• _Exercise_
Return only these lines, exactly: the one containing "Refusal::BadHeading(index) | Refusal::BadAmount(index)" and every line after it in the listing.

########################################

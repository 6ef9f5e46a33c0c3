//! What was loaded of the storage container manager and of the datanodes stands for the opening of the run. Laws alone.
mod laws;

pub use laws::{a_loaded_scm_stands_for_the_opening, loaded_datanodes_stand_for_the_opening};
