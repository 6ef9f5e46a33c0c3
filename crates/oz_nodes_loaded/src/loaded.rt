//! What was loaded, and what comes back where it can't be.

ghost use Rattle.std.specs.Prelude.{◌≡◌, ◌+◌, ◌≤◌, ◌++◌, [], map, length, reverse, vec_len, vec_capacity};
ghost use Rattle.oz_nodes_loaded.specs.Loads.{disks_in};

use crate::fault::StoreFault;
use oz_datanode::{Datanode, NodeDisks};
use oz_scm::Scm;
use oz_world::Disk;

/// The storage container manager and the datanodes, each in the place of its number. In `room`, which is empty, there is
/// room for the disks of all datanodes.
#[derive(Drop)]
pub struct LoadedNodes<D: Disk> {
    pub scm: Scm<D>,
    pub nodes: Vec<Datanode<D>>,
    pub room: Vec<NodeDisks<D>>,
    ghost empty: { room.items ≡ [] },
    ghost enough: { vec_len nodes ≤ vec_capacity room },
}

/// The disks that weren't loaded, in their order, and why.
#[derive(Drop)]
pub struct RefusedNodes<D> {
    pub scm: D,
    pub nodes: Vec<NodeDisks<D>>,
    pub fault: StoreFault,
}

impl<D: Disk> LoadedNodes<D> {
    /// The disks: the storage container manager's, and those of the datanodes in their order. It takes no memory.
    pub fn into_disks(self) -> (D, Vec<NodeDisks<D>>)
        ensures scm { result.0 ≡ self.scm.disk }
        ensures nodes { result.1.items ≡ map disks_in self.nodes.items }
    {
        let LoadedNodes { scm, nodes, room } = self;
        (scm.into_disk(), disks_of(nodes, room))
    }
}

/// The disks of datanodes, in their order, in a list that has room for them. It takes no memory.
pub fn disks_of<D: Disk>(nodes: Vec<Datanode<D>>, room: Vec<NodeDisks<D>>) -> Vec<NodeDisks<D>>
    requires empty { room.items ≡ [] }
    requires enough { vec_len nodes ≤ vec_capacity room }
    ensures { result.items ≡ map disks_in nodes.items }
{
    put_back(nodes, room)
}

/// The disks of datanodes, and behind them those of a list that has them from the last to the first, and has room for all.
pub(crate) fn put_back<D: Disk>(
    nodes: Vec<Datanode<D>>,
    behind: Vec<NodeDisks<D>>,
) -> Vec<NodeDisks<D>>
    requires { vec_len nodes + vec_len behind ≤ vec_capacity behind }
    ensures { result.items ≡ map disks_in nodes.items ++ reverse behind.items }
{
    let mut nodes = nodes;
    let mut disks = behind;
    while let Some(node) = nodes.pop() {
        disks.push_reserved(node.into_disks());
    }
    nodes.destroy_empty();
    disks.reverse();
    disks
}
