// The types that the definitions in specs/ share with the code of the crates that use this one.
#![tactic(auto)]

ghost use Rattle.std.specs.Prelude.{◌≡◌};
ghost use Rattle.methodology.specs.RowNumbers.{row_number, row_index};

// What an opening brings. "A period has n members, numbered 1 to n (1 to 32), and k stress scenarios (1 to 16). Each member has a group
// number, 0 to 32", and "a first and a last day" (document 02, Change 7). In a call each of these is a list of any length; a period keeps it in
// 32 places, with 0 past the last: a call may not fail for want of memory, so it asks for none. The limits are no part of the type, since the
// definitions share it and take what rows 1 and 10 refuse: who needs one asks for it.
#[derive(Clone, Copy, Debug, PartialEq, Eq)]
pub struct Opening {
    pub n: u64,
    pub k: u64,
    pub groups: [u64; 32],
    pub firsts: [u64; 32],
    pub lasts: [u64; 32],
}

// What a day brings beside its accounts.
#[derive(Clone, Copy, Debug, PartialEq, Eq)]
pub struct DayTerms {
    pub number: u64,
}

// What names an account of a day: its member, its account number and its kind. The fields take any number, since a wrong one is an answer
// (row 5 of the refusal table) and nothing that a caller must rule out.
#[derive(Clone, Copy, Debug, PartialEq, Eq)]
pub struct Heading {
    pub member: u64,
    pub number: u64,
    pub kind: u64,
}

impl Heading {
    // Of nobody, in the definition's word: it stands before a day's first.
    pub const NOBODY: Heading = Heading {
        member: 0,
        number: 0,
        kind: 0,
    };
}

// The kinds, by document 01's numbers: house; client with a replacement member appointed; client that is an Affiliate; client with no such
// appointment. The last is the greatest known one. Constants and no enum: a heading's kind is any number, and an enum would turn back into one
// wherever it is stored or compared.
pub const KIND_H: u64 = 0;

pub const KIND_R: u64 = 1;

pub const KIND_A: u64 = 2;

pub const KIND_U: u64 = 3;

// A day as a call brings it: its terms, and its accounts in four lent slices. "The headings of a day's accounts (member, account number, kind)
// come as a lent slice of records [..]; the NPVs come as one lent slice of signed 64-bit numbers [..]; margins and extras come in two
// further slices, one number an account."
#[derive(Clone, Copy)]
pub struct Day<'a> {
    pub terms: DayTerms,
    pub headings: &'a [Heading],
    pub npvs: &'a [i64],
    pub margins: &'a [u64],
    pub extras: &'a [u64],
}

// A period is fresh, open or closed.
#[derive(Clone, Copy, Debug, PartialEq, Eq)]
pub enum Status {
    Fresh,
    Open,
    Closed,
}

// The rows of the refusal table, of which 9 is met by a text alone. Rows 5 and 6 have the index of the first bad account, row 10 the number of
// the first bad member.
#[derive(Clone, Copy, Debug, PartialEq, Eq)]
pub enum Refusal {
    BadOpening,
    OutOfTurn,
    BadDayNumber,
    BadLengths,
    BadHeading(u64),
    BadAmount(u64),
    BadLine,
    BadPresence(u64),
}

impl Refusal {
    // The number that document 01's table returns for the row. Numbers 7 and 8 no longer occur (document 02, Changes 4 and 2).
    pub fn number(self) -> u64
        ensures { result ≡ row_number self }
    {
        match self {
            Refusal::BadOpening => 1,
            Refusal::OutOfTurn => 2,
            Refusal::BadDayNumber => 3,
            Refusal::BadLengths => 4,
            Refusal::BadHeading(_) => 5,
            Refusal::BadAmount(_) => 6,
            Refusal::BadLine => 9,
            Refusal::BadPresence(_) => 10,
        }
    }

    // The index that the row has beside it, if it has one; in row 10 the member's number.
    pub fn index(self) -> Option<u64>
        ensures { result ≡ row_index self }
    {
        match self {
            Refusal::BadHeading(index) | Refusal::BadAmount(index) | Refusal::BadPresence(index) =>
                Some(index),
            _ => None,
        }
    }
}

########################################

• _Solved exercise_
            Refusal::BadHeading(index) | Refusal::BadAmount(index) | Refusal::BadPresence(index) =>
                Some(index),
            _ => None,
        }
    }
}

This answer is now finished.